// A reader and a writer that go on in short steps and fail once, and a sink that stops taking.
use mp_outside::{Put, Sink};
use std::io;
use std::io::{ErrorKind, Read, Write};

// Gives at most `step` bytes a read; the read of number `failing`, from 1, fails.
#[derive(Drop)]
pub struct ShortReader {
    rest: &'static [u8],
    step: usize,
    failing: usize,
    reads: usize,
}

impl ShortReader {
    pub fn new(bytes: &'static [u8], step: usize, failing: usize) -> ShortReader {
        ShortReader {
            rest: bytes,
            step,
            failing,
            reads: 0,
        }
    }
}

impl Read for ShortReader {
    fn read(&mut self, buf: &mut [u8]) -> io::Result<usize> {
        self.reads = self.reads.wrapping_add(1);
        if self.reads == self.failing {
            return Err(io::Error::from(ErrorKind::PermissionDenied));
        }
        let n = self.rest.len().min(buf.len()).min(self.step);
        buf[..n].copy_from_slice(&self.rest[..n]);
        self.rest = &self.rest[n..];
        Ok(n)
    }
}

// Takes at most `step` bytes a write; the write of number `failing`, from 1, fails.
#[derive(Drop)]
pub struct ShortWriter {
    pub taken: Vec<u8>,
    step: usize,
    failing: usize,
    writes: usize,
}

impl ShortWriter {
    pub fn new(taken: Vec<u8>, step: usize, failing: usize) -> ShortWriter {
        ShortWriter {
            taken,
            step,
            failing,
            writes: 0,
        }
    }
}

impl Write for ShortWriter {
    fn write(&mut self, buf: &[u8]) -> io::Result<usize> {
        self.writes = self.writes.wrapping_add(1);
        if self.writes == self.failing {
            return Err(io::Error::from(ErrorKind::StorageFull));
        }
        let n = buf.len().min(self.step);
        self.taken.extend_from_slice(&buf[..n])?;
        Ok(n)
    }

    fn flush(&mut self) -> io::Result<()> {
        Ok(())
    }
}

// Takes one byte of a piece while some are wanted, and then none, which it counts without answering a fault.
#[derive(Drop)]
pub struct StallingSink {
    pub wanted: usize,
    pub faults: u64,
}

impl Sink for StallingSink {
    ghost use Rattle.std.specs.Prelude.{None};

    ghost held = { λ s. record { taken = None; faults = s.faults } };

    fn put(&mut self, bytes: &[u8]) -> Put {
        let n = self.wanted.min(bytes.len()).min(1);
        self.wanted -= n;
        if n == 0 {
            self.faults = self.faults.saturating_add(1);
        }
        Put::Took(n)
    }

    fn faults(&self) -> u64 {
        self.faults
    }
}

- - -

_What needs to be done_. Transcribe the line that contains "pub struct StallingSink" exactly, then each line after it through the end of the material. Nothing else belongs in the output.

_Solution_.
pub struct StallingSink {
    pub wanted: usize,
    pub faults: u64,
}

impl Sink for StallingSink {
    ghost use Rattle.std.specs.Prelude.{None};

    ghost held = { λ s. record { taken = None; faults = s.faults } };

    fn put(&mut self, bytes: &[u8]) -> Put {
        let n = self.wanted.min(bytes.len()).min(1);
        self.wanted -= n;
        if n == 0 {
            self.faults = self.faults.saturating_add(1);
        }
        Put::Took(n)
    }

    fn faults(&self) -> u64 {
        self.faults
    }
}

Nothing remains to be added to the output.